The board of directors of Octopus Bidco has, effective from after close of trading on Oslo Børs today, 7 December 2021, resolved to carry out the compulsory acquisition of all remaining shares in Ocean Yield ASA not owned by Octopus Bidco, pursuant to the Norwegian Public Limited Liability Companies' Act Section 4-25 cf. the Norwegian Securities Trading Act Section 6-22 (1). As a consequence, Octopus Bidco has assumed ownership of all shares in the Company. The offered redemption price under the compulsory acquisition is NOK 41.259 per share, which corresponds to the offer price in the preceding voluntary offer and, according to the Norwegian Securities Trading Act section 6-22 (2), is the applicable redemption price in a subsequent compulsory acquisition.
Octopus Bidco has obtained a guarantee for the settlement under the compulsory acquisition in accordance with section 6-22 (3) no. 3 of the Norwegian Securities Trading Act. Any objections to, or rejection of, the offered redemption price must be made at the latest on 14 February 2022. Former shareholders of the Company who do not object to, or reject, the offered redemption price within this deadline will be deemed to have accepted the offered price.

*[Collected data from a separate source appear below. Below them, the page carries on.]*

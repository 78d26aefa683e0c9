//! The laws of counted loops.

ghost use Rattle.vg_loop_laws.specs.Laws.{
  UnrolledAreTurns,
  BlocksAndRestAreTurns,
  BlocksRespect,
  BlocksMeanLoop,
  UnrolledIsWellFormed,
  UnrolledCosts,
  OneTurnIsTheKernel,
  FewerKeepLimits,
  TurnsAreMost,
};

/// A law: the kernel of so many turns leaves what the turns leave one by one, each with its places, and
/// traps where they do.
pub fn unrolled_are_turns()
    ensures { UnrolledAreTurns }
{}

/// A law: blocks of turns, and then the turns that are left over, are the turns one by one, traps included.
pub fn blocks_and_rest_are_turns()
    ensures { BlocksAndRestAreTurns }
{}

/// A law: where the accesses of all turns keep what `noalias` says, those of some turns in one kernel keep it.
pub fn blocks_respect()
    ensures { BlocksRespect }
{}

/// A law: blocks that mean the kernel of so many turns, and a rest that means the kernel of one, mean the loop.
pub fn blocks_mean_loop()
    ensures { BlocksMeanLoop }
{}

/// A law: the kernel of so many turns that keeps the limits is well formed.
pub fn unrolled_is_well_formed()
    ensures { UnrolledIsWellFormed }
{}

/// A law: the kernel of so many turns costs so many times what the kernel of one costs.
pub fn unrolled_costs()
    ensures { UnrolledCosts }
{}

/// A law: the kernel of one turn is the kernel of the loop.
pub fn one_turn_is_the_kernel()
    ensures { OneTurnIsTheKernel }
{}

/// A law: fewer turns than some that keep the limits keep them.
pub fn fewer_keep_limits()
    ensures { FewerKeepLimits }
{}

/// A law: the turns of a block keep the limits, and more of those that a block may have do not.
pub fn turns_are_most()
    ensures { TurnsAreMost }
{}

Settlement of the redemption price to the minority shareholders will take place as soon as possible and no later than 15 December 2021. A notice regarding the compulsory acquisition will be sent to all former shareholders subject to the compulsory transfer, whose addresses are known. In addition, the compulsory acquisition will be announced through the electronic notice service of the Norwegian Register of Business Enterprises (Nw. Brønnøysundregistrene).
As a consequence of the compulsory acquisition, Octopus Bidco will pursue a delisting of the Company's shares from Oslo Børs and separate stock exchange announcements will be published regarding the timing for such delisting.
Arctic Securities AS is acting as financial advisor to the Offeror and receiving agent in connection with the Offer. Wikborg Rein Advokatfirma AS and Simpson Thacher & Bartlett LLP are acting as legal advisors to the Offeror in connection with the Offer.
DNB Markets, a part of DNB Bank ASA, is acting as financial advisor and Advokatfirmaet Schjødt AS is acting as legal advisor to the Company in connection with the Offer.